It is a sad truth that there is no systematic preparation made to meet the duties of maternity. I have never heard of a school for maternal studies; I have yet to discover a professor of the art of child-rearing. Whatever a young mother knows, she has picked up incidentally; she has never been taught anything of what she should know; such knowledge has likely in part been carefully concealed from her. What she learns, too, incidentally, is apt to be traditional and largely out of keeping with modern ideas-a lot of antiquated rubbish, not a little of which is harmful.

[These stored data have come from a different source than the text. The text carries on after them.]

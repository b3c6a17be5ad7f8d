// Sorted sets and hash sets.
use crate::measured::{Measured, changed, other, sum_of_all, sum_of_walk, value_behind, value_of};
use crate::row::Row;
use imm_base::{Val, ValEq, ValOrder};
use imm_dictionary::ImmHashSet;
use sorted_sets::SortedSet;
use std::alloc::Global;

impl Measured for SortedSet<Val, ValOrder> {
    const NAME: &'static str = "sorted set";

    fn build(alloc: Global, values: &[Val]) -> Option<Self> {
        other(SortedSet::new(ValOrder::Ordinal).union_with(alloc, values))
    }

    fn call(&mut self, alloc: Global, row: Row, number: u32) -> Option<u64> {
        match row {
            Row::Add => changed(self.add(alloc, value_behind(number))),
            Row::LookUp => Some(u64::from(self.contains(&value_of(number)))),
            Row::Remove => changed(self.remove(alloc, &value_of(number))),
            Row::Iterate => sum_of_all(self.to_vec(alloc)),
            Row::Walk => sum_of_walk(alloc, self),
            _ => None,
        }
    }
}

impl Measured for ImmHashSet<Val, ValEq> {
    const NAME: &'static str = "hash set";

    fn build(alloc: Global, values: &[Val]) -> Option<Self> {
        other(ImmHashSet::new(ValEq::Ordinal).union_with(alloc, values))
    }

    fn call(&mut self, alloc: Global, row: Row, number: u32) -> Option<u64> {
        match row {
            Row::Add => changed(self.add(alloc, value_behind(number))),
            Row::LookUp => Some(u64::from(self.contains(&value_of(number)))),
            Row::Remove => changed(self.remove(alloc, &value_of(number))),
            Row::Iterate => sum_of_all(self.to_vec(alloc)),
            Row::Walk => sum_of_walk(alloc, self),
            _ => None,
        }
    }
}
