//! Works on collections of every kind, and prints what their calls come to. With the word of a row
//! (`build`, `add`, `lookup`, `remove`, `set`, `iterate`, `walk`, `change`, `publish`) it prints, for
//! each kind that has such a call and for each size, how many nanoseconds of processor time an
//! operation of this row takes: the least of several rounds.
#![tactic(auto)]

mod built;
mod ends;
mod lists;
mod maps;
mod measured;
mod row;
mod sets;

use builders::{DictBuilder, HashSetBuilder, ListBuilder, MapBuilder, SetBuilder};
use built::InPlace;
use frozen_sets::FrozenMap;
use imm_array::ImmArray;
use imm_base::{Memory, Val, ValEq, ValOrder};
use imm_dictionary::{Dict, ImmHashSet};
use imm_list::ImmList;
use measured::{Measured, value_of};
use queue_stack::{ImmQueue, ImmStack};
use row::{ROWS, Row, work};
use sorted_maps::SortedMap;
use sorted_sets::SortedSet;
use std::alloc::Global;
use std::time::{CpuClock, Duration};
use std::{env, io};

// How many elements there are: room is left for one more.
const SIZES: [u32; 3] = [999, 16_383, 65_535];

const ROUNDS: u32 = 7;

fn values_up_to(alloc: Global, count: u32) -> Result<Vec<Val>, Memory> {
    let mut values = Vec::new(alloc);
    for number in 0..count {
        values.push(value_of(number))?;
    }
    Ok(values)
}

// So many nanoseconds an operation.
fn nanos_each(spent: Duration, operations: u32) -> u64 {
    u64::try_from(spent.as_nanos()).unwrap_or(u64::MAX) / u64::from(operations.max(1))
}

fn show_sums<C: Measured>(rt: &impl Print, alloc: Global) -> io::Result<()> {
    let name = C::NAME;
    let count = SIZES[0];
    let Ok(values) = values_up_to(alloc, count) else {
        return println!(rt; "{name}: no memory");
    };
    let Some(mut base) = C::build(alloc, values.as_slice()) else {
        return println!(rt; "{name}: no memory");
    };
    for row in ROWS {
        if let Some(sum) = work(alloc, row, &mut base, values.as_slice(), count) {
            let word = row.word();
            println!(rt; "{name} {word}: {sum}")?;
        }
    }
    Ok(())
}

fn show_time<C: Measured>(
    rt: &(impl Print + CpuClock),
    alloc: Global,
    row: Row,
    count: u32,
) -> io::Result<()> {
    let name = C::NAME;
    let Ok(values) = values_up_to(alloc, count) else {
        return println!(rt; "{name}: no memory");
    };
    let Some(mut base) = C::build(alloc, values.as_slice()) else {
        return println!(rt; "{name}: no memory");
    };
    let mut least = u64::MAX;
    for _ in 0..ROUNDS {
        if let Some(before) = row.before() {
            let _sum = work(alloc, before, &mut base, values.as_slice(), count);
        }
        let start = rt.thread_cpu_time()?;
        if work(alloc, row, &mut base, values.as_slice(), count).is_none() {
            return Ok(());
        }
        let spent = rt.thread_cpu_time()?.saturating_sub(start);
        least = least.min(nanos_each(spent, row.operations(count)));
    }
    println!(rt; "{name} of {count}: {least} ns")
}

// What each row comes to, or how long a row takes.
fn show<C: Measured>(
    rt: &(impl Print + CpuClock),
    alloc: Global,
    timed: Option<Row>,
) -> io::Result<()> {
    match timed {
        None => show_sums::<C>(rt, alloc),
        Some(row) => {
            for count in SIZES {
                show_time::<C>(rt, alloc, row, count)?;
            }
            Ok(())
        }
    }
}

fn show_all(rt: &(impl Print + CpuClock), alloc: Global, timed: Option<Row>) -> io::Result<()> {
    show::<ImmList<Val>>(rt, alloc, timed)?;
    show::<SortedSet<Val, ValOrder>>(rt, alloc, timed)?;
    show::<SortedMap<Val, Val, ValOrder>>(rt, alloc, timed)?;
    show::<Dict<Val, Val, ValEq>>(rt, alloc, timed)?;
    show::<ImmHashSet<Val, ValEq>>(rt, alloc, timed)?;
    show::<ImmStack<Val>>(rt, alloc, timed)?;
    show::<ImmQueue<Val>>(rt, alloc, timed)?;
    show::<ImmArray<Val>>(rt, alloc, timed)?;
    show::<FrozenMap<Val>>(rt, alloc, timed)?;
    show::<InPlace<ListBuilder<Val>>>(rt, alloc, timed)?;
    show::<InPlace<SetBuilder<Val, ValOrder>>>(rt, alloc, timed)?;
    show::<InPlace<MapBuilder<Val, Val, ValOrder>>>(rt, alloc, timed)?;
    show::<InPlace<DictBuilder<Val, Val, ValEq>>>(rt, alloc, timed)?;
    show::<InPlace<HashSetBuilder<Val, ValEq>>>(rt, alloc, timed)
}

// The row of the word.
fn row_of(word: &str) -> Option<Row> {
    for row in ROWS {
        if word == row.word() {
            return Some(row);
        }
    }
    None
}

fn main(rt: HostRuntime) -> io::Result<()> {
    let Some(word) = env::args(&rt)?.nth(1) else {
        return show_all(&rt, rt.alloc(), None);
    };
    match row_of(word.as_str()) {
        Some(row) => show_all(&rt, rt.alloc(), Some(row)),
        None => println!(rt; "no such row"),
    }
}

There is really not much serious attention given to the means by which noble men and women may be produced; less even than was given ages ago; less than was given by the Spartans. Is not this a grave defect in our civilization? Thoughtful men like Andrew Combe and Herbert Spencer have pronounced it simply monstrous. The management of children should be one of the leading items in the list of studies pursued in schools for females. When shall it be given even a place? It is hard to hope that it will be soon, since as yet no matters of health are regarded as they should be. But it cannot be doubted that the time will come when a knowledge of how to preserve and foster health of body and mind will be valued more highly than a knowledge of the higher mathematics, or of any of many branches which are now carefully taught, although of infinitely little value in after-life.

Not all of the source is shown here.